Because you are carrying a lot of expenses, you postpone premium payments until it is past the due date. In order for your insurance protection to remain valid and the policy is not forfeited  (lapse), automatically the cash value that has been formed will be taken to cover the premium. With a note, the cash value you have is sufficient to pay the premium. Even so, this feature is rarely used in unit link insurance.

8. Sum Assured

This term refers to the amount of money that must be paid by the insurance company in the event of a claim from the policyholder for risks that have been guaranteed in the insurance program.

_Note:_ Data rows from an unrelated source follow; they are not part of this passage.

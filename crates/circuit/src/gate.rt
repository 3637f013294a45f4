// Signals, and gates with their operands.
ghost use Rattle.std.specs.Prelude.{◌≡◌, Decides};
ghost use Rattle.std.specs.Cmp.{decided, partial_equiv_from_equiv};
ghost use Rattle.circuit.specs.SignalEq.{signal_eq, signal_eq_decides};

use crate::kind::Kind;
use inline_list::InlineList;

// An input or a gate's output, by its number. Inputs and gates are numbered from 1, each in the order of their lines.
#[derive(Clone, Copy, Debug)]
pub enum Signal {
    Input(usize),
    Gate(usize),
}

// Kept: an edit that must fail turns a comparison of this body, and a derive has none.
impl PartialEq for Signal {
    ghost eq = { signal_eq };

    ghost laws = { partial_equiv_from_equiv (decided signal_eq signal_eq_decides) };

    fn eq(&self, other: &Signal) -> bool
        ensures value { result ≡ signal_eq self.now other.now }
        ensures same { Decides result (self.now ≡ other.now) }
    {
        match (*self, *other) {
            (Signal::Input(i), Signal::Input(j)) => i == j,
            (Signal::Gate(g), Signal::Gate(h)) => g == h,
            _ => false,
        }
    }
}

// A gate's operands, as signals or still as names. No kind takes more than eight.
pub type Operands<T> = InlineList<T, 8>;

#[derive(Clone, Copy)]
pub struct Gate {
    pub kind: Kind,
    pub operands: Operands<Signal>,
}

The amount of money that must be paid by the insurance company in the event of a claim from the policyholder for the risks guaranteed in the insurance program

9. Lapse

When you have life insurance, you as the policyholder are required to pay a premium according to the agreement in the policy. If you don't pay the premium until it exceeds the grace period which is generally  45 days, then your life insurance policy will automatically be canceled or lapse. Avoid cancellation of the policy with the discipline of paying premiums according to the agreement.

When the policy status becomes lapse, insurance protection does not apply. This means that if there is a  lapse  and there is a risk, the insurance company does not bear the risk

You can activate the auto-debit feature available in your bank account to pay premiums automatically. That way,  you can minimize the risk of lapse.

Premiums that are not paid beyond the grace period can invalidate the policy (the effective period of the policy stops).

10. Claims

This term refers to the demands made by the policyholder to the insurance company to pay the policyholder's rights according to existing procedures. An easy example, you have life insurance with the addition of health insurance benefits. One time you came down with dengue fever and had to be hospitalized in the hospital.

Dengue fever is a risk that is borne by the insurance company. So, you can file a claim with the insurance company to pay financial compensation in the form of hospitalization and dengue fever treatment.

So, there are 10 important terms in life insurance that you must know and understand. By understanding the important terms in life insurance, you can optimize insurance benefits.